- _Brief_:
Each line below that includes "Compared" counts once; report the total and nothing more.

- _Material supplied_:
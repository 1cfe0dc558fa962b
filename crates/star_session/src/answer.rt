//! The answer to a request.

ghost use Rattle.std.specs.Prelude.{◌≡◌, ◌<◌, ◌≤◌, ◌⊎◌, All, IfErr, IfOk, IfSome, Ok, OnOk, length, map};
ghost use Rattle.star_serve.specs.Serve.{IsOutputFor};
ghost use Rattle.serde_json.specs.Data.{Data};
ghost use Rattle.star_bundle.specs.View.{asked_view};
ghost use Rattle.star_memo.specs.Compared.{AreSame};
ghost use Rattle.star_memo.specs.Readings.{AreReadings};
ghost use Rattle.star_memo.specs.Lasting.{AreEndsNow};
ghost use Rattle.star_memo.specs.Parses.{AreKept};
ghost use Rattle.star_reading.specs.Found.{Within};
ghost use Rattle.star_report.specs.declared.wanted.Output.TheVariants as output;
ghost use Rattle.star_session.specs.Answers.{IsRefusalOf, IsReportOf, IsReportText, IsReported};
ghost use Rattle.star_memo.specs.Outcomes.{AreAlike, AreOutcomes};
ghost use Rattle.star_session.specs.Changes as spec;
ghost use Rattle.star_session.specs.Changes.{change_of};
ghost use Rattle.star_session.specs.Kept.{IsStanding};
ghost use Rattle.star_session.specs.Requests.{IsIdText, asked_by, question_of};

use crate::changes::files_after;
use crate::refusal::line_of;
use crate::request::Request;
use crate::standing::{Last, Standing, Staying};
use crate::weight::{Limits, Spent, are_values_large, ballast_for, spent_on};
use star_bundle::bundle::{AskedFor, asked_in};
use star_bundle::error::ServeError;
use star_dialect::Mode;
use star_label::files::Files;
use star_memo::compared::Compared;
use star_memo::lasting::first_to_run;
use star_memo::outcomes::{Outcomes, Terms, free_ends};
use star_memo::parses::Parses;
use star_memo::readings::Readings;
use star_outcome::good_end::GoodEnd;
use star_outcome::memory::{Ballast, Size};
use star_reading::reading::Read;
use star_reading::record::are_recordable;
use star_report::wanted::{Output, Wanted};
use star_serve::serve::{Finished, Job, Options, written_over};
use std::alloc::{AllocError, Global};
use std::sync::Wait;
use std::thread::Threads;
use std::{mem, thread};

/// A report without its line end, the good ends of the files that were reached, and the numbers of these files.
#[derive(Drop)]
struct Reported {
    text: Vec<u8>,
    ends: Vec<Option<GoodEnd>>,
    reached: Vec<usize>,
    ballasts: Vec<Ballast>,
}

/// Runs the roots that are asked for. A file whose end stays is not run again, and one whose reading stays is not read
/// again; after it the readings of the run are there too.
fn run_over<H: Threads + Wait + Sync>(
    rt: &H,
    alloc: Global,
    asked: &AskedFor,
    staying: &mut Staying<'_>,
    options: &Options,
) -> Result<Finished, ServeError>
    requires ends { AreEndsNow asked.now.files asked.now.prelude options.now.mode staying.old.outcomes.all.items }
    requires readings { AreReadings asked.now.files staying.old.readings }
    requires seen { staying.old.readings.prelude ≡ asked.now.prelude }
    requires language { staying.old.readings.language ≡ options.now.mode.language }
    requires roots { All (λ n. n < length asked.now.files) asked.now.roots.items }
    requires prelude { IfSome asked.now.prelude (λ n. n < length asked.now.files) }
    requires loaders { (1 ≤ options.now.loaders) × (options.now.loaders ≤ 64) }
    requires steps { (1 ≤ options.now.mode.steps) × (options.now.mode.steps ≤ 100000000) }
    ensures kinds { IfErr result (λ e. (e ≡ ServeError.Memory) ⊎ (e ≡ ServeError.Unpublished)) }
    ensures text { let o = options.now in IfOk result (λ f.
        IsOutputFor o.output (asked_view asked.now) o.mode f.written.text.items f.written.all_ok) }
    ensures ends { IfOk result (λ f.
        AreOutcomes asked.now.files asked.now.prelude options.now.mode f.ends.items) }
    ensures readings { IfOk result (λ _. AreReadings asked.now.files staying.new.readings) }
    ensures seen { staying.new.readings.prelude ≡ staying.old.readings.prelude }
    ensures language { staying.new.readings.language ≡ staying.old.readings.language }
    ensures parses { staying.new.parses ≡ staying.old.parses }
    ensures outcomes { staying.new.outcomes ≡ staying.old.outcomes }
    ensures former { staying.new.former ≡ staying.old.former }
    ensures same { staying.new.same ≡ staying.old.same }
{
    // Its length says that the files are in order.
    let _ = asked.files.len();
    let arena = staying.arena;
    let ballast = staying.ballast;
    let ends = staying.outcomes.all.as_slice();
    let readings = &mut staying.readings;
    let job = Job {
        asked,
        trees: &arena.trees,
        parses: readings.parses.as_slice(),
        ballast,
    };
    let finished = written_over(rt, alloc, &job, ends, &mut readings.reads, options)?;
    readings.reads.take_others();
    Ok(finished)
}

- _Task result_:
2